The Procyon AI Text Generation Benchmark includes several differing AI Models with different LLM implementations. The benchmark will attempt to run the test on all AI models, starting from the lightest Phi-3.5-mini model and increasing in heaviness and system requirements. This allows the benchmark to be used for effectively comparing the performance of a wide range of AI accelerators through a single test.
For each AI model, the benchmark runs seven prompts consisting of a mixture of pre-generated RAG and non-RAG queries. After the benchmark has run, a result will be generated for each AI model run, with AI models that could not run due to system requirements having a score of 0.
Benchmark AI Prompts
The complete set of prompts are available in the benchmark for inspection in the default installation directory:
C:\ProgramData\UL\Procyon\chops\dlc\ai-llm-benchmark\dataset\queries.xml
Sub-scores for each prompt for each AI model are available in the results file.

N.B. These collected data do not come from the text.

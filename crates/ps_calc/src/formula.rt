//! The damage of a hit.

ghost use Rattle.std.specs.Prelude.{◌≡◌, ◌≤◌, slice_index};
ghost use Rattle.ps_calc.specs.Damage.{are_wide, base, damage_of, level_of, rolled, scaled, typed};

/// A hit's numbers.
#[derive(Clone, Copy, Debug, PartialEq, Eq)]
pub struct Hit {
    /// The user's level, 1 to 100.
    pub level: u8,
    /// The move's power.
    pub power: u8,
    /// The user's stat, 1 to 1998.
    pub attack: u16,
    /// The target's stat, 1 to 1998.
    pub defence: u16,
    /// Whether the hit is critical, which doubles the level.
    pub crit: bool,
    /// Whether the move's type is one of the user's.
    pub stab: bool,
    /// What the move's type does to each of the target's two types, in tenths: 5, 10 or 20, and 10 in the second place for
    /// a target of one type.
    pub factors: [u8; 2],
    /// The roll, 217 to 255 parts of 255.
    pub roll: u8,
}

#[tactic(auto, unfolding(crate::specs::Damage::are_wide))]
fn is_wide(hit: &Hit) -> bool
    ensures value { result ≡ are_wide hit.now }
{
    hit.attack > 255 || hit.defence > 255
}

#[tactic(auto, unfolding(crate::specs::Damage::level_of))]
fn level(hit: &Hit) -> u16
    requires level { hit.now.level ≤ 100 }
    ensures value { result ≡ level_of hit.now }
    ensures high { result ≤ 200 }
{
    if hit.crit {
        2 * u16::from(hit.level)
    } else {
        u16::from(hit.level)
    }
}

#[tactic(auto, unfolding(crate::specs::Damage::scaled))]
fn scale(wide: bool, stat: u16) -> u16
    requires { 1 ≤ stat }
    ensures value { result ≡ scaled wide stat }
    ensures low { 1 ≤ result }
    ensures high { result ≤ stat }
{
    if wide { (stat / 4).max(1) } else { stat }
}

#[tactic(auto, unfolding(crate::specs::Damage::base))]
fn base_damage(level: u16, power: u8, attack: u16, defence: u16) -> u16
    requires level { level ≤ 200 }
    requires attack { attack ≤ 1998 }
    requires defence { 1 ≤ defence }
    ensures value { result ≡ base level power attack defence }
    ensures high { result ≤ 999 }
{
    let factor = u32::from(2 * level / 5 + 2) * u32::from(power) * u32::from(attack);
    (factor / u32::from(defence) / 50).min(997) as u16 + 2
}

#[tactic(auto, unfolding(crate::specs::Damage::typed, crate::specs::Damage::with_stab, crate::specs::Damage::with_factor))]
fn type_damage(hit: &Hit, d: u16) -> u16
    requires first { slice_index hit.now.factors 0 ≤ 20 }
    requires second { slice_index hit.now.factors 1 ≤ 20 }
    requires high { d ≤ 999 }
    ensures value { result ≡ typed hit.now d }
    ensures low { 1 ≤ result }
    ensures high { result ≤ 5992 }
{
    let bonus = if hit.stab { d + d / 2 } else { d };
    let first = bonus * u16::from(hit.factors[0]) / 10;
    (first * u16::from(hit.factors[1]) / 10).max(1)
}

#[tactic(auto, unfolding(crate::specs::Damage::rolled))]
fn roll_damage(roll: u8, d: u16) -> u16
    ensures value { result ≡ rolled roll d }
    ensures high { result ≤ d }
    ensures low { 1 ≤ d → 217 ≤ roll → 1 ≤ result }
{
    if d > 1 {
        (u32::from(d) * u32::from(roll) / 255) as u16
    } else {
        d
    }
}

/// The damage of a hit, 1 to 5992.
#[tactic(auto, unfolding(crate::specs::Damage::damage_of, crate::specs::Damage::base_of))]
pub fn damage(hit: &Hit) -> u16
    requires level { hit.now.level ≤ 100 }
    requires attack_low { 1 ≤ hit.now.attack }
    requires attack_high { hit.now.attack ≤ 1998 }
    requires defence { 1 ≤ hit.now.defence }
    requires first { slice_index hit.now.factors 0 ≤ 20 }
    requires second { slice_index hit.now.factors 1 ≤ 20 }
    requires roll { 217 ≤ hit.now.roll }
    ensures value { result ≡ damage_of hit.now }
    ensures low { 1 ≤ result }
    ensures high { result ≤ 5992 }
{
    let wide = is_wide(hit);
    let (attack, defence) = (scale(wide, hit.attack), scale(wide, hit.defence));
    let base = base_damage(level(hit), hit.power, attack, defence);
    roll_damage(hit.roll, type_damage(hit, base))
}
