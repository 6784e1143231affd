//! Reads the configuration that the words name.
ghost use Rattle.std.specs.Prelude.{◌≡◌, ◌≤◌, length, Some, None, IfOk, IfErr};
ghost use Rattle.std.specs.Option.{option_copied};
ghost use Rattle.replay_drill.specs.Plain.{HasPlainFormats};
ghost use Rattle.program_commands.specs.Rooms.{HasOwnRooms};
ghost use Rattle.program_commands.specs.Steps.{config_in};
ghost use Rattle.program_commands.specs.Setups.{Stands, Gave, Ended, StepCause};

use crate::file::read_file;
use crate::status::Status;
use ps_dex::dex::Dex;
use ps_outside::files::Files;
use rules_config::config::Config;
use rules_config::fault::ConfigFault;
use std::alloc::Global;

/// The most bytes of a configuration.
pub const MOST_CONFIG: u32 = 1_048_576;

fn read_config<F: Files>(
    alloc: Global,
    files: &mut F,
    dex: &Dex,
    name: &str,
) -> Result<Config, Status>
    ensures same { F.contents files.new ≡ F.contents files.old }
    ensures value { IfOk result (Gave (F.contents files.old) (λ lookup. config_in lookup dex.now (Some name.now))) }
    ensures few { IfOk result (λ c. length c.rooms ≤ 16) }
    ensures plain { IfOk result HasPlainFormats }
    ensures rooms { IfOk result HasOwnRooms }
    ensures counts { IfOk result (λ _. F.counts files.new ≡ F.counts files.old) }
    ensures ended { IfErr result (Ended (F.contents files.old) (Some name.now) (λ lookup. config_in lookup dex.now (Some name.now))) }
    ensures cause { IfErr result (StepCause (Some name.now) (F.counts files.old) (F.counts files.new)) }
{
    let bytes = match read_file(alloc, files, name, MOST_CONFIG) {
        Err(status) => return Err(status),
        Ok(bytes) => bytes,
    };
    match Config::read(alloc, &bytes, dex) {
        Ok(config) => Ok(config),
        Err(ConfigFault::NoMemory) => Err(Status::NoMemory),
        Err(ConfigFault::Fault { path, kind }) => Err(Status::BadConfig { path, kind }),
    }
}

/// The configuration of the file of this name over a dex, the standard one where no file is named, or the
/// status that says why there is none.
pub fn config_or_standard<F: Files>(
    alloc: Global,
    files: &mut F,
    dex: &Dex,
    named: Option<&str>,
) -> Result<Config, Status>
    ensures same { F.contents files.new ≡ F.contents files.old }
    ensures value { IfOk result (Gave (F.contents files.old) (λ lookup. config_in lookup dex.now (option_copied named.entry))) }
    ensures stands { IfOk result (Stands (F.contents files.old) (option_copied named.entry)
        (λ lookup. config_in lookup dex.now (option_copied named.entry))) }
    ensures few { IfOk result (λ c. length c.rooms ≤ 16) }
    ensures plain { IfOk result HasPlainFormats }
    ensures rooms { IfOk result HasOwnRooms }
    ensures counts { IfOk result (λ _. F.counts files.new ≡ F.counts files.old) }
    ensures ended { IfErr result (Ended (F.contents files.old) (option_copied named.entry)
        (λ lookup. config_in lookup dex.now (option_copied named.entry))) }
    ensures alone { IfErr result (λ s. option_copied named.entry ≡ None → s ≡ Status.NoMemory) }
    ensures cause { IfErr result (StepCause (option_copied named.entry) (F.counts files.old) (F.counts files.new)) }
{
    match named {
        None => match Config::standard(alloc) {
            Err(_) => Err(Status::NoMemory),
            Ok(config) => Ok(config),
        },
        Some(name) => read_config(alloc, files, dex, name),
    }
}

The benchmark uses seven pre-generated prompts for all AI models of differing subject matters. Below are summarized versions of the prompts:
Prompt 1: Creative writing
Write a long poem in 200 lines about the capitals of all countries in Europe.

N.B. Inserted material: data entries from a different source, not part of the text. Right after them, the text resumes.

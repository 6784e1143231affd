//! How likely a move lands and a hit is critical. A byte is a chance of so many 256ths.

ghost use Rattle.std.specs.Prelude.{◌≡◌, ◌≤◌, pos, negsuc, ◌≤ℤ◌};
ghost use Rattle.ps_calc.specs.Chances.{accuracy_byte_of, crit_byte_of};

use crate::stages::by_stage;

/// Of 256, 1 to 255, how likely a move lands, of its accuracy, 1 to 100 percent, the user's accuracy stage and the target's
/// evasion stage, each -6 to 6.
#[tactic(auto, unfolding(crate::specs::Chances::accuracy_byte_of, crate::specs::Chances::byte_of_percent))]
pub fn accuracy_byte(percent: u8, acc: i8, eva: i8) -> u8
    requires acc_low { negsuc 5 ≤ℤ acc }
    requires acc_high { acc ≤ℤ pos 6 }
    requires eva_low { negsuc 5 ≤ℤ eva }
    requires eva_high { eva ≤ℤ pos 6 }
    ensures value { result ≡ accuracy_byte_of percent acc eva }
    ensures low { 1 ≤ result }
{
    let byte = u16::from(percent) * 255 / 100;
    let own = by_stage(byte, acc) as u16;
    by_stage(own, -eva).clamp(1, 255) as u8
}

/// Of 256, how likely a hit is critical, of the user's base Speed, of whether the move is one that often is, and of whether
/// Focus Energy is on the user, which makes it rarer.
#[tactic(auto, unfolding(crate::specs::Chances::crit_byte_of))]
pub fn crit_byte(base_speed: u8, high: bool, focus: bool) -> u8
    ensures value { result ≡ crit_byte_of base_speed high focus }
{
    let half = u16::from(base_speed / 2);
    let first = if high { 8 * half } else { half };
    let second = if focus { first / 4 } else { first };
    second.min(255) as u8
}
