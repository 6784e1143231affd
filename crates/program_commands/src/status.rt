//! How a run ends.
ghost use Rattle.std.specs.Prelude.{◌≡◌};
ghost use Rattle.program_commands.specs.Statuses.{number_of};

use ps_base::id::Id;
use ps_base::pack_kind::PackKind;
use ps_base::team_rule::TeamRule;
use ps_base::text::Text;
use ps_data::fault::DataKind;
use replay_script::script::ScriptKind;
use std::fmt;

/// How a run ended. Its `Display` is the name of the variant, and for each field in order a space,
/// the field's name, `=` and its value.
#[derive(Drop)]
pub enum Status {
    /// The command did its work. A replay read its input to the end.
    Done,
    /// The words aren't a command: the index of the first that can't stand, counted from 0, or how many
    /// there are where one is missing.
    Usage {
        word: u32,
    },
    /// There is no file of that name.
    FileMissing {
        name: Text,
    },
    /// The file could not be read.
    FileFault {
        name: Text,
    },
    /// The file is over its limit: 16,777,216 bytes for a dex, 1,048,576 for a configuration, 8,192 for a team,
    /// packed or exported.
    FileLong {
        name: Text,
    },
    /// The dex file has no value: the path of its first fault, and the kind.
    BadDex {
        path: Text,
        kind: DataKind,
    },
    /// The configuration has no value: the path of its first fault, and the kind.
    BadConfig {
        path: Text,
        kind: DataKind,
    },
    /// The input is no script: the first line that can't stand in one, counted from 1, and what is wrong
    /// with it.
    BadScript {
        line: u32,
        kind: ScriptKind,
    },
    /// The input has more than 200,000 lines or 16,777,216 bytes: the count that passed first.
    ScriptLong {
        count: u32,
    },
    /// The source failed.
    ReadFault,
    /// The sink failed; a front of the output was written.
    WriteFault,
    /// The team breaks a rule: the set that does, counted from 1, or 0 where the number of sets does, the
    /// first rule that it breaks, and what breaks it.
    BadTeam {
        set: u8,
        rule: TeamRule,
        subject: Text,
    },
    /// Memory was refused; a front of the output was written.
    NoMemory,
    /// The door failed: it could not listen, or hand out a connection.
    DoorFault,
    /// No format of the configuration has the id.
    UnknownFormat {
        id: Id,
    },
    /// The team's file is no packed team (TEAMS.md of the simulator): the byte at which its longest part
    /// ends that some packed text begins with, and the kind. A file that isn't UTF-8 is reported at 0, of the
    /// kind `Text`.
    BadPack {
        at: u32,
        kind: PackKind,
    },
    /// There is nobody to play a tournament: the dex has no species, or the configuration has no format, or the team of the first
    /// species breaks a rule of the first format.
    NoTour,
    /// The keeper failed: what keeps the notes refused a call.
    KeepFault,
    /// More than 65,536 notes would be kept: how many, those of this run included where the notes that are kept alone aren't
    /// so many. Nothing was noted.
    KeepFull {
        count: u32,
    },
    /// The file is no export text: its first line that can't stand in one, counted from 1, or one more than it has lines where
    /// all of them can. A file that isn't UTF-8 is reported at 0.
    BadExport {
        line: u32,
    },
    /// The team has no export text: its first set, counted from 1, that no export text has as it is, or 0 where the text
    /// would be over 8,192 bytes.
    NoExport {
        set: u8,
    },
}

impl Status {
    /// The number that the program ends with.
    pub fn number(&self) -> u8
        ensures { result ≡ number_of self.now }
    {
        match self {
            Status::Done => 0,
            Status::Usage { .. } => 2,
            Status::FileMissing { .. } => 3,
            Status::FileFault { .. } => 4,
            Status::FileLong { .. } => 5,
            Status::BadDex { .. } => 6,
            Status::BadConfig { .. } => 7,
            Status::BadScript { .. } => 8,
            Status::ScriptLong { .. } => 9,
            Status::ReadFault => 10,
            Status::WriteFault => 11,
            Status::BadTeam { .. } => 12,
            Status::NoMemory => 13,
            Status::DoorFault => 14,
            Status::UnknownFormat { .. } => 15,
            Status::BadPack { .. } => 16,
            Status::NoTour => 18,
            Status::KeepFault => 19,
            Status::KeepFull { .. } => 20,
            Status::BadExport { .. } => 21,
            Status::NoExport { .. } => 22,
        }
    }
}

impl fmt::Display for Status {
    fn fmt<W: fmt::Write>(&self, f: &mut fmt::Formatter<W>) -> fmt::Result {
        match self {
            Status::Done => write!(f, "Done"),
            Status::Usage { word } => write!(f, "Usage word={word}"),
            Status::FileMissing { name } => write!(f, "FileMissing name={name}"),
            Status::FileFault { name } => write!(f, "FileFault name={name}"),
            Status::FileLong { name } => write!(f, "FileLong name={name}"),
            Status::BadDex { path, kind } => write!(f, "BadDex path={path} kind={kind:?}"),
            Status::BadConfig { path, kind } => write!(f, "BadConfig path={path} kind={kind:?}"),
            Status::BadScript { line, kind } => write!(f, "BadScript line={line} kind={kind:?}"),
            Status::ScriptLong { count } => write!(f, "ScriptLong count={count}"),
            Status::ReadFault => write!(f, "ReadFault"),
            Status::WriteFault => write!(f, "WriteFault"),
            Status::BadTeam { set, rule, subject } => {
                write!(f, "BadTeam set={set} rule={rule:?} subject={subject}")
            }
            Status::NoMemory => write!(f, "NoMemory"),
            Status::DoorFault => write!(f, "DoorFault"),
            Status::UnknownFormat { id } => write!(f, "UnknownFormat id={id}"),
            Status::BadPack { at, kind } => write!(f, "BadPack at={at} kind={kind:?}"),
            Status::NoTour => write!(f, "NoTour"),
            Status::KeepFault => write!(f, "KeepFault"),
            Status::KeepFull { count } => write!(f, "KeepFull count={count}"),
            Status::BadExport { line } => write!(f, "BadExport line={line}"),
            Status::NoExport { set } => write!(f, "NoExport set={set}"),
        }
    }
}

Prompt 2: Code review and optimization
Identify the given algorithm and give four suggestions to improve the following code’s performance.

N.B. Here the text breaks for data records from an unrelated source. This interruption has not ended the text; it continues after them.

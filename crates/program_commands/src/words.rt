//! The words of a command.
ghost use Rattle.std.specs.Prelude.{◌≡◌, ◌<◌, ◌≤◌, IfOk, IfSome, Ok, Err, map, string_bytes, MatchResult};
ghost use Rattle.std.specs.Option.{option_copied};
ghost use Rattle.program_commands.specs.Words.{is_name, last_name, last_option, dex_first, config_first, options_in, replay_in};
ghost use Rattle.program_commands.specs.Words.{steps_in, drill_in, checks, team_in, check_in, export_in, import_in, users_in};
ghost use Rattle.program_commands.specs.Words.{seed_in, tours_with, seeded_in, tour_in, words_in, count_in, counted_in, serve_in};
ghost use Rattle.program_commands.specs.Words.{serve_words_in, options_of, asked_of, serves_of, HasFewSteps, AreUsers, IsCount};

use itoa::Buffer;
use ps_base::decimal::read_u32;

/// The most steps of a drill.
pub const MOST_STEPS: u32 = 4_000;

/// The most users of a tournament.
pub const MOST_USERS: u32 = 16;

/// The most connections of a run of `serve`.
pub const MOST_COUNT: u32 = 1_024;

/// The files that options name.
#[derive(Clone, Copy)]
pub struct OptionWords<'a> {
    /// The name of the dex file, if one is named.
    pub dex: Option<&'a str>,
    /// The name of the configuration's file, if one is named.
    pub config: Option<&'a str>,
}

/// What `drill` is asked for.
#[derive(Clone, Copy)]
pub struct DrillWords<'a> {
    /// How many steps, 1 to 4,000.
    pub steps: u32,
    /// The files that options name.
    pub options: OptionWords<'a>,
}

/// What `tour` is asked for.
#[derive(Clone, Copy)]
pub struct TourWords<'a> {
    /// How many users, 2 to 16.
    pub users: u8,
    /// What draws their order.
    pub seed: u64,
    /// The files that options name.
    pub options: OptionWords<'a>,
}
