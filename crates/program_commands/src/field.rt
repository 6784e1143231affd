//! Who plays a tournament.
ghost use Rattle.std.specs.Prelude.{◌≡◌, IfOk, IfErr, Some};
ghost use Rattle.std.specs.Option.{option_map};
ghost use Rattle.replay_drill.specs.Fights.{fight_of};
ghost use Rattle.program_commands.specs.Fields.{first_rules, HasField, LacksField, AreKept};

use crate::check::team_of;
use crate::status::Status;
use ps_base::text::Text;
use ps_dex::dex::Dex;
use ps_packed::fault::PackFault;
use ps_rules::table::{Format, RuleTable};
use ps_valid::check::check_team;
use ps_valid::verdict::TeamFault;
use replay_drill::fight::Fight;
use rules_config::config::Config;
use std::alloc::Global;

// Whether the packed team of a text keeps the rules.
#[tactic(auto, using(crate::proofs::FieldLemmas::keeps_rules))]
fn kept(alloc: Global, dex: &Dex, rules: &RuleTable, text: &Text) -> Result<bool, Status>
    ensures tells { IfOk result (AreKept dex.now rules.now text.now) }
    ensures memory { IfErr result (λ s. s ≡ Status.NoMemory) }
{
    let team = match team_of(alloc, text.as_str().as_bytes()) {
        Err(PackFault::NoMemory) => return Err(Status::NoMemory),
        Err(PackFault::Fault { .. }) => return Ok(false),
        Ok(team) => team,
    };
    match check_team(alloc, dex, rules, &team) {
        Err(TeamFault::NoMemory) => Err(Status::NoMemory),
        Err(TeamFault::Verdict(_)) => Ok(false),
        Ok(_) => Ok(true),
    }
}

/// What is played under the first format. `None` exactly where there is no format.
pub fn first_rules(formats: &[Format]) -> Option<&RuleTable>
    ensures { option_map (λ t. t.now) result ≡ first_rules formats.now }
{
    match formats {
        [] => None,
        [first, ..] => Some(&first.table),
    }
}

// The battles, where the team is legal in the first format.
#[tactic(auto, using(crate::proofs::FieldLemmas::has_field, crate::proofs::FieldLemmas::lacks_rules, crate::proofs::FieldLemmas::lacks_legal))]
fn legal_fight(alloc: Global, config: &Config, dex: &Dex, fight: Fight) -> Result<Fight, Status>
    requires { fight_of config.now dex.now ≡ Some fight }
    ensures found { IfOk result (HasField config.now dex.now) }
    ensures none { IfErr result (LacksField config.now dex.now) }
{
    match first_rules(config.formats().list()) {
        None => Err(Status::NoTour),
        Some(rules) => match kept(alloc, dex, rules, &fight.team) {
            Err(status) => Err(status),
            Ok(false) => Err(Status::NoTour),
            Ok(true) => Ok(fight),
        },
    }
}

/// The format and the team of a tournament's battles: those of a drill's battle, or `NoTour` exactly where the dex has no
/// species, or the configuration no format, or the team isn't legal in the first format. `NoMemory` may come at any.
#[tactic(auto, using(crate::proofs::FieldLemmas::lacks_fight))]
pub fn tour_fight(alloc: Global, config: &Config, dex: &Dex) -> Result<Fight, Status>
    ensures found { IfOk result (HasField config.now dex.now) }
    ensures none { IfErr result (LacksField config.now dex.now) }
{
    match Fight::of(alloc, config, dex) {
        Err(_) => Err(Status::NoMemory),
        Ok(None) => Err(Status::NoTour),
        Ok(Some(fight)) => legal_fight(alloc, config, dex, fight),
    }
}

Prompt 3: Identifying sentiment
Perform sentiment analysis on the provided text and assign one of the labels = {positive, negative, neutral}. Explain in detail and step-by-step why you assigned the specific label.
Prompt 4 (RAG Query): Document summarization.
Give a detailed summary of Procyon AI benchmark suite in 500 words based on the provided context.
Prompt 5 (RAG Query): Document analysis
How can UL Benchmarks help retailers? Answer based on the context provided.
Prompt 6 (RAG Query): Document analysis and search
Give me an example computer performance score with Office Productivity Benchmark MP score in Level 2 system based on the provided context.
Prompt 7 (RAG Query): Document analysis & creating informative text.
How can benchmarking save time and money for my organization? How to choose a reference benchmark score for RFPs? Summarize how to efficiently test the performance of PCs for Enterprise IT. Answer based on the context provided.